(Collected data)
+ + + +
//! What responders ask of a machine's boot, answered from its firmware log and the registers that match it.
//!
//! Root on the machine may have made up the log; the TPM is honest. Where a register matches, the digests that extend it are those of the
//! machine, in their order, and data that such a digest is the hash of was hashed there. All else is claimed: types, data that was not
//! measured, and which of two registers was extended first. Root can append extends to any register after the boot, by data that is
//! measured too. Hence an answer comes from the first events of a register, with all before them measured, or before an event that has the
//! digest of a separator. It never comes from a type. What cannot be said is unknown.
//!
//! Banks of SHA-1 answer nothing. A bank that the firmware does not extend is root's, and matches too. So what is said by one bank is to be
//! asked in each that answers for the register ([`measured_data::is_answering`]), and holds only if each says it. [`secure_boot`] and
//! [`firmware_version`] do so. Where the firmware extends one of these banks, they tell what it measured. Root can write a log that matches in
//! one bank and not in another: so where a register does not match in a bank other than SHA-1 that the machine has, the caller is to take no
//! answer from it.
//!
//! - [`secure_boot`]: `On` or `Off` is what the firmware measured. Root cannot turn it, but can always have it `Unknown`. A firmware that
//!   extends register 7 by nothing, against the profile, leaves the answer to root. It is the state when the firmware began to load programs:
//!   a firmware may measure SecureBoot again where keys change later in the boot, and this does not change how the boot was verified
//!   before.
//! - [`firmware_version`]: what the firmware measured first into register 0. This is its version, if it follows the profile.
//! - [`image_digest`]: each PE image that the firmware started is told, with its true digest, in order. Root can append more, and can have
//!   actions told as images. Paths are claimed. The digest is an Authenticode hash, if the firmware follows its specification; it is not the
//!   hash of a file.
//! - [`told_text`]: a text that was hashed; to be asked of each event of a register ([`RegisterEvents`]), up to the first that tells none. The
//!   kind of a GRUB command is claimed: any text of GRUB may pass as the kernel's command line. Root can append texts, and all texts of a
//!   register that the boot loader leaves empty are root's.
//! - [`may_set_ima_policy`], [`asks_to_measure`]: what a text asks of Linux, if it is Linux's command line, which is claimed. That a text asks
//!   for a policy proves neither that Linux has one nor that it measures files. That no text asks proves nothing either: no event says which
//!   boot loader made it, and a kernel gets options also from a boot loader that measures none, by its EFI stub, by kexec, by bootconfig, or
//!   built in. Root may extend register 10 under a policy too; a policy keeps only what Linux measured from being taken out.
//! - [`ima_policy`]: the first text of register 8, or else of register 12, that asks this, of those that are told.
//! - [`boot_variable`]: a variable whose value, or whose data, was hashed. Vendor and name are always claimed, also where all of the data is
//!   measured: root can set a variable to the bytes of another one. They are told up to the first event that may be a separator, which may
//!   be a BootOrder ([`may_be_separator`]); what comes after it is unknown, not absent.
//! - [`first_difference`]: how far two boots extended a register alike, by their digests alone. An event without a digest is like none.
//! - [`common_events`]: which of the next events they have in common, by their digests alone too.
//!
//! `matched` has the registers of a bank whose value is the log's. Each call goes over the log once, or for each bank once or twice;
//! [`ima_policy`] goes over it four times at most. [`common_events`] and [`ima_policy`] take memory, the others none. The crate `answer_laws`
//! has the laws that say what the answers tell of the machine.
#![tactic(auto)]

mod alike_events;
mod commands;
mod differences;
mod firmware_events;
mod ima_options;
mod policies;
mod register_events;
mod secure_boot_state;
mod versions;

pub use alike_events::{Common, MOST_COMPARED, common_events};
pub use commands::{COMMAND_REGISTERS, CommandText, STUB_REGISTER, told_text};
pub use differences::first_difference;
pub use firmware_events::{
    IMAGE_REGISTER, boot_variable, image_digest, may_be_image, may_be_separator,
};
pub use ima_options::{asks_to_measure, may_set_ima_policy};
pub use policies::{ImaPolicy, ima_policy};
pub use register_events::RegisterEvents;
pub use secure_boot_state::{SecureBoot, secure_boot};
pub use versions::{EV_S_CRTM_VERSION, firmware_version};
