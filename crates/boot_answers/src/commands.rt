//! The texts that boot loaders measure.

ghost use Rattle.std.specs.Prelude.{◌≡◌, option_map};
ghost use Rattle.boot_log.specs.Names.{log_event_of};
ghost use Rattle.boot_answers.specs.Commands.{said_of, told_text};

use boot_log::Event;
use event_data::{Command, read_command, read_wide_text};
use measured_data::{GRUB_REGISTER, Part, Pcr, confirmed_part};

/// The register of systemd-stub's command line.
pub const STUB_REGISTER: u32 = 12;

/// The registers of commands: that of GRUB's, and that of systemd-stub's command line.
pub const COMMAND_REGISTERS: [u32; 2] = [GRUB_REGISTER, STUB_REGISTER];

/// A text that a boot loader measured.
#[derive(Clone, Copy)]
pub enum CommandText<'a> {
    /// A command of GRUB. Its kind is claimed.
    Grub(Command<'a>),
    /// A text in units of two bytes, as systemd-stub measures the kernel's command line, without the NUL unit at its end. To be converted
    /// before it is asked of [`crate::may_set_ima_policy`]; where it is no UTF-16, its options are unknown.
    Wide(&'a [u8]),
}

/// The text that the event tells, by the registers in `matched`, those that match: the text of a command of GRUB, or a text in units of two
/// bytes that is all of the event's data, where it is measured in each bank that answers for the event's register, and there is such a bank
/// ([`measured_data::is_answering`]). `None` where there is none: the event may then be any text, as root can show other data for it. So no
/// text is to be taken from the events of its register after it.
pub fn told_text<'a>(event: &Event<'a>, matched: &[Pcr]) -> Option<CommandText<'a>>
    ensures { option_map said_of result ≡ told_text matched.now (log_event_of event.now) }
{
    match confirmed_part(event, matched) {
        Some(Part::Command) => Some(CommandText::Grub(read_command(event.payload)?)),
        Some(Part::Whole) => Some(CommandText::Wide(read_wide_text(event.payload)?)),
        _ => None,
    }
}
+ + + +
▶ [What to do] Quote the data above verbatim from its first line to the line that includes "that was not", with both boundary lines retained.

▶ [Solved problem]
//! What responders ask of a machine's boot, answered from its firmware log and the registers that match it.
//!
//! Root on the machine may have made up the log; the TPM is honest. Where a register matches, the digests that extend it are those of the
//! machine, in their order, and data that such a digest is the hash of was hashed there. All else is claimed: types, data that was not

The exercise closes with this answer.